(MATERIAL FOR THIS EXERCISE)

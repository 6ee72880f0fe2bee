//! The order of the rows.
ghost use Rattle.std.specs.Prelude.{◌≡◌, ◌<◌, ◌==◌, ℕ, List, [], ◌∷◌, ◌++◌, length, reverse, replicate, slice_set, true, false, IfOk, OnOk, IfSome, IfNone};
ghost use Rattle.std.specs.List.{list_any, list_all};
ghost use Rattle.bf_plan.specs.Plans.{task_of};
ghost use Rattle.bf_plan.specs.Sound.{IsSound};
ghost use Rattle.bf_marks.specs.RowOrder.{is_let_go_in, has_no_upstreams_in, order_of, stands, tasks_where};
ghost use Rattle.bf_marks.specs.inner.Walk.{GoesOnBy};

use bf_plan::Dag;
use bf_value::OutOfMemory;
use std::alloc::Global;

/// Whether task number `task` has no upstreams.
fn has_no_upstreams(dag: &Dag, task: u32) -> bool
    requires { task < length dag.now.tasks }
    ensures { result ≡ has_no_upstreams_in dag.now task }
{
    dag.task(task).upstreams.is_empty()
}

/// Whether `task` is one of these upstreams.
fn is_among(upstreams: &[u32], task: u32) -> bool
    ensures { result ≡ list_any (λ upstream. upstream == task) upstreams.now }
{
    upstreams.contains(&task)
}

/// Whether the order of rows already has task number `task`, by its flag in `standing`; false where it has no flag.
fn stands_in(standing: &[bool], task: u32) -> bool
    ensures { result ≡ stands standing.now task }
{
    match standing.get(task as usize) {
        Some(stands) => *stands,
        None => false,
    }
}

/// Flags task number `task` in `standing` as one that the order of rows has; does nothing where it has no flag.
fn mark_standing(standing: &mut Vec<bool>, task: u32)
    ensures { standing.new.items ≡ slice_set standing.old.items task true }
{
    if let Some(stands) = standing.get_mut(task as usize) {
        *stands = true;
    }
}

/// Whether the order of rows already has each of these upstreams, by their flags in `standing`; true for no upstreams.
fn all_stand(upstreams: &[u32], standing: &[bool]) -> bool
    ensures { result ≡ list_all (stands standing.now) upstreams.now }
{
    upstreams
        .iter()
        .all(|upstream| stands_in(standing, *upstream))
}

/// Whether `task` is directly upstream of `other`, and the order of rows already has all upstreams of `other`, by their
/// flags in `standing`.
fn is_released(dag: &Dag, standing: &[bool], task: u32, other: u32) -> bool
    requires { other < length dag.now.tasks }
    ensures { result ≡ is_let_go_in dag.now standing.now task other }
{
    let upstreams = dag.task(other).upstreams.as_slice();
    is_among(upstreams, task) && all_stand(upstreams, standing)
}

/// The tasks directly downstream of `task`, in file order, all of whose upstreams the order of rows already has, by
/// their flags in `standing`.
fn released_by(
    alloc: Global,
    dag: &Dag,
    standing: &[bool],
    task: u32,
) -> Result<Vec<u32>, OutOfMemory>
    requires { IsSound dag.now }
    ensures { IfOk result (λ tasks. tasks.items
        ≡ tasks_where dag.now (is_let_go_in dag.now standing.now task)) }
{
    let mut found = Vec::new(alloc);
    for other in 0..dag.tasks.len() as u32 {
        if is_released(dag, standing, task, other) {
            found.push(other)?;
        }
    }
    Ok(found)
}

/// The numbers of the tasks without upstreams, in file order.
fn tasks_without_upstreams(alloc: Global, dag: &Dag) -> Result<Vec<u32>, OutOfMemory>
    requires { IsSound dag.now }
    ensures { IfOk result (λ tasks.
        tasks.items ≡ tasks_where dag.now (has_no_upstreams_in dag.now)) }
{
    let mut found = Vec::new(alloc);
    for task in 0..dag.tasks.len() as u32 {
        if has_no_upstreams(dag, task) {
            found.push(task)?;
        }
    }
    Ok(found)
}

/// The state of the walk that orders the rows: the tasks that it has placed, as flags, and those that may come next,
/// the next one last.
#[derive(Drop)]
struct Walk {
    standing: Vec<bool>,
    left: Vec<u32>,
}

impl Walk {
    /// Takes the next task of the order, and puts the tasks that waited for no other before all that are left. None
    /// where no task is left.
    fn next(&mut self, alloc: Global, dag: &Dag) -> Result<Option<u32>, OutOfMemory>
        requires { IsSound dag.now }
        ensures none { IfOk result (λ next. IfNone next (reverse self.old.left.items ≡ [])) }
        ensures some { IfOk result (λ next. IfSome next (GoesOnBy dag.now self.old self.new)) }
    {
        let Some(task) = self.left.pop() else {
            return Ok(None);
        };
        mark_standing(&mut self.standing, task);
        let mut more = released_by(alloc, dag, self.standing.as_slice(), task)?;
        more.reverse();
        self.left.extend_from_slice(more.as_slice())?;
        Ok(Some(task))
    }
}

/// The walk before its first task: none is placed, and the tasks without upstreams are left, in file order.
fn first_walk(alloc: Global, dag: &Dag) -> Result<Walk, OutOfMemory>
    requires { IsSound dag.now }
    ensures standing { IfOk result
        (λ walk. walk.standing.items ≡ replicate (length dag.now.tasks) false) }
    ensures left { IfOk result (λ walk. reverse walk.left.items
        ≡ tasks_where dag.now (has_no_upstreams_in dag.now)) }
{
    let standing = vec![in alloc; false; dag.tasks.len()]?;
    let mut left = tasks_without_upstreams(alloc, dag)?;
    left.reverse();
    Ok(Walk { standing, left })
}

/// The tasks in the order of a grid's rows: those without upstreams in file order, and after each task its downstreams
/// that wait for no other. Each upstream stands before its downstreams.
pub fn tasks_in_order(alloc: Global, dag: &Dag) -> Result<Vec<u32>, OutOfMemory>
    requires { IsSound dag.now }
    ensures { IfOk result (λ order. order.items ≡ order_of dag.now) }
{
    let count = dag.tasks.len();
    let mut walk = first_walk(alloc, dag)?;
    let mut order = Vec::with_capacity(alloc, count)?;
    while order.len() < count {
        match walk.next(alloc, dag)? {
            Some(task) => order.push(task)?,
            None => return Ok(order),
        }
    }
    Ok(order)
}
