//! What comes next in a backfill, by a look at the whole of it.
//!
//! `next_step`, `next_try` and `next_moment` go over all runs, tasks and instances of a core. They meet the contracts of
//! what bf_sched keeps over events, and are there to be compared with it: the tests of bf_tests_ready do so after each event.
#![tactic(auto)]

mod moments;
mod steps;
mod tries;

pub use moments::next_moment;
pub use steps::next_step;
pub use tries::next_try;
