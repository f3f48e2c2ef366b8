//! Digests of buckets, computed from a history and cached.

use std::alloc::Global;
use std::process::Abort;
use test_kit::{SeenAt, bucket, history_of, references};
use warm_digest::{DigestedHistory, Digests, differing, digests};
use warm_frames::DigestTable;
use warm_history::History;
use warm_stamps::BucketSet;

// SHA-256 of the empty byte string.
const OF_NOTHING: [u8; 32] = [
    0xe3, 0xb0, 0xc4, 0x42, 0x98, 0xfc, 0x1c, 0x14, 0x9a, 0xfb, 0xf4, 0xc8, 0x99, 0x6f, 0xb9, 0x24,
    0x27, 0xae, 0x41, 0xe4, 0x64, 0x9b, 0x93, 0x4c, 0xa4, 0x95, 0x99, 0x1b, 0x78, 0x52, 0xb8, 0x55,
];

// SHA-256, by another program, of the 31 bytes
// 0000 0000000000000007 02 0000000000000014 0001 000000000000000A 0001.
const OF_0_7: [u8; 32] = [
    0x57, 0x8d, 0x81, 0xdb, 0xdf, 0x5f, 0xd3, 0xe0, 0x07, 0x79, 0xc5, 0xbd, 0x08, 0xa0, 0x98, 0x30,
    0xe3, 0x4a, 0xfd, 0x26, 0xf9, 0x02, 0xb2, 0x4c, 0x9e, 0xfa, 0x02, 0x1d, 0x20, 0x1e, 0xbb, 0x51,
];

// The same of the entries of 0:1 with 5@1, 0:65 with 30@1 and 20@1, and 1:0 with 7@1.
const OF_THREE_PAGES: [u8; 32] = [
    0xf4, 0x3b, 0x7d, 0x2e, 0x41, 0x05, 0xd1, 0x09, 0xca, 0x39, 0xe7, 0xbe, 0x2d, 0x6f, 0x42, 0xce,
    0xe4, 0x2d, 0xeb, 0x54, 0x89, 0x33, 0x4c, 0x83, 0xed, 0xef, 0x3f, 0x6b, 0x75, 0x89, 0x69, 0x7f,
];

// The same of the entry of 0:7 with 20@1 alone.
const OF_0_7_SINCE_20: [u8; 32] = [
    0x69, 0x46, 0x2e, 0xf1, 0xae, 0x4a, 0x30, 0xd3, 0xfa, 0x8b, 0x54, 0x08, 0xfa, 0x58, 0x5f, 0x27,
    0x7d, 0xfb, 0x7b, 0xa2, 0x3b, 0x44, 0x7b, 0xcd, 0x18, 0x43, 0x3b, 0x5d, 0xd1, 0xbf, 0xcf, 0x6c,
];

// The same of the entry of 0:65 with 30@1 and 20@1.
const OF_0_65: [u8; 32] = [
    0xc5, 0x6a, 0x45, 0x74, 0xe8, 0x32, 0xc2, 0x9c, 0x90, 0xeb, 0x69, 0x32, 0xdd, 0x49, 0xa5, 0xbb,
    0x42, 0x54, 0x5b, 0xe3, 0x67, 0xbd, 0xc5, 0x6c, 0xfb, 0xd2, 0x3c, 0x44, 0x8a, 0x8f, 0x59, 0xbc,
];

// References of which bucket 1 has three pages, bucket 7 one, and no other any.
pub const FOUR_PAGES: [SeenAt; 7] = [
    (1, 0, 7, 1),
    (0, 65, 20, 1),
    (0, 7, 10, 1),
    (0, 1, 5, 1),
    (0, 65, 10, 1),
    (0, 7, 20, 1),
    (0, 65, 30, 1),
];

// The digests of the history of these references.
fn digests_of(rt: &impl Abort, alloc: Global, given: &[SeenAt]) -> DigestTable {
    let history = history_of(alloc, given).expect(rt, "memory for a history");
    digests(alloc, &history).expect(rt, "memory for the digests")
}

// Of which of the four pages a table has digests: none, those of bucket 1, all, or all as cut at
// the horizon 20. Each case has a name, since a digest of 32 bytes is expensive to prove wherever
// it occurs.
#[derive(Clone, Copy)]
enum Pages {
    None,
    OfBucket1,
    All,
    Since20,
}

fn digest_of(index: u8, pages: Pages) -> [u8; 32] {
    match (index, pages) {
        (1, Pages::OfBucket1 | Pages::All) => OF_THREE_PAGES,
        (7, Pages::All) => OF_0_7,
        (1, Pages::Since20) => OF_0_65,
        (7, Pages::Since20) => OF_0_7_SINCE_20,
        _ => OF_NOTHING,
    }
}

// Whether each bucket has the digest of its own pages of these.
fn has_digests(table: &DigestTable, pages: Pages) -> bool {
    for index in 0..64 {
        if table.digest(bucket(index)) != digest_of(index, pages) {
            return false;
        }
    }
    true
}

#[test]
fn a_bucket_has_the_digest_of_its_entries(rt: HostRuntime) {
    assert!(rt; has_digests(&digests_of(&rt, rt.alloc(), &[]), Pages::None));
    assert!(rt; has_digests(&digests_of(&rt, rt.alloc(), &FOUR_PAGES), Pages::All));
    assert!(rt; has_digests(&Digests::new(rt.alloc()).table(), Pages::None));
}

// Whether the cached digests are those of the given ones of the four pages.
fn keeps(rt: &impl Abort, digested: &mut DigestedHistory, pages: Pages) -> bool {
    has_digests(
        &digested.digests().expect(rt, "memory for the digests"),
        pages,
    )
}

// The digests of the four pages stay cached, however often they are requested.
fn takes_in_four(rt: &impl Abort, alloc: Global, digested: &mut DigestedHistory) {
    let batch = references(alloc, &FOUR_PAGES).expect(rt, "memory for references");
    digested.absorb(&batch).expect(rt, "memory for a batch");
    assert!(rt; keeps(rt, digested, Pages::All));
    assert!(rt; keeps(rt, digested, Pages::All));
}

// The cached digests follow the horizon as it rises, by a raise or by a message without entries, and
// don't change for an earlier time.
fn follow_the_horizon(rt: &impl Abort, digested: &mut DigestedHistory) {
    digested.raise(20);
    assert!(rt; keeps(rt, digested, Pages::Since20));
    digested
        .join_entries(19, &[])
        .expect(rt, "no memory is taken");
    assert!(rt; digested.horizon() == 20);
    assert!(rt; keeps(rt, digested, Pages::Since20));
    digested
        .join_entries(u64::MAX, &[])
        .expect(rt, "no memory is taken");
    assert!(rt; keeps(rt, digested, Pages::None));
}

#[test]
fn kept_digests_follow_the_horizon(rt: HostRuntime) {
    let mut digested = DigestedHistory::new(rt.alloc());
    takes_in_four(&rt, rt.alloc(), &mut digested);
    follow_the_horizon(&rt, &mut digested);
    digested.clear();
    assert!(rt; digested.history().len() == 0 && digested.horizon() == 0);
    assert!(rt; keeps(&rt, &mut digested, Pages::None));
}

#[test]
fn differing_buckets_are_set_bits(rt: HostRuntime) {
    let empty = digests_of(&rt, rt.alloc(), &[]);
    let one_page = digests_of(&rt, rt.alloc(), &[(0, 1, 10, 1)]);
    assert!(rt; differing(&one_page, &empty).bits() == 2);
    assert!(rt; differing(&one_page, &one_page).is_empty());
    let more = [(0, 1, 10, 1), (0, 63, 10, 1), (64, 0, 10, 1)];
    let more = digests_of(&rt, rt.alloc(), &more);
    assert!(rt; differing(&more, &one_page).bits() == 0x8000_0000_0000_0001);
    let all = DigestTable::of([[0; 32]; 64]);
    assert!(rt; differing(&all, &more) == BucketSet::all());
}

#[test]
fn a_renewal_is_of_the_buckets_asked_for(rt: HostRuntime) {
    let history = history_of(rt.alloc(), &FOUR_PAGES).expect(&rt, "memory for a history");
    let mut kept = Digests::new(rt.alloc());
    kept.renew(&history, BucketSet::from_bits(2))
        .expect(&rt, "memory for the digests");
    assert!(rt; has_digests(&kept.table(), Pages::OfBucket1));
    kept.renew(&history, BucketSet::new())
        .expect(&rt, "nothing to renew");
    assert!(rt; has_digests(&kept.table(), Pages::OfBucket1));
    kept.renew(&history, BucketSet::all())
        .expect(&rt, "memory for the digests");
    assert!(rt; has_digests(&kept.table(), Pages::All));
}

(End MATERIAL FOR THIS EXERCISE)

- _EXERCISE_
Show the lines above that include "over".

- _SOLVED EXERCISE_
//! `next_step`, `next_try` and `next_moment` go over all runs, tasks and instances of a core. They meet the contracts of
//! what bf_sched keeps over events, and are there to be compared with it: the tests of bf_tests_ready do so after each event.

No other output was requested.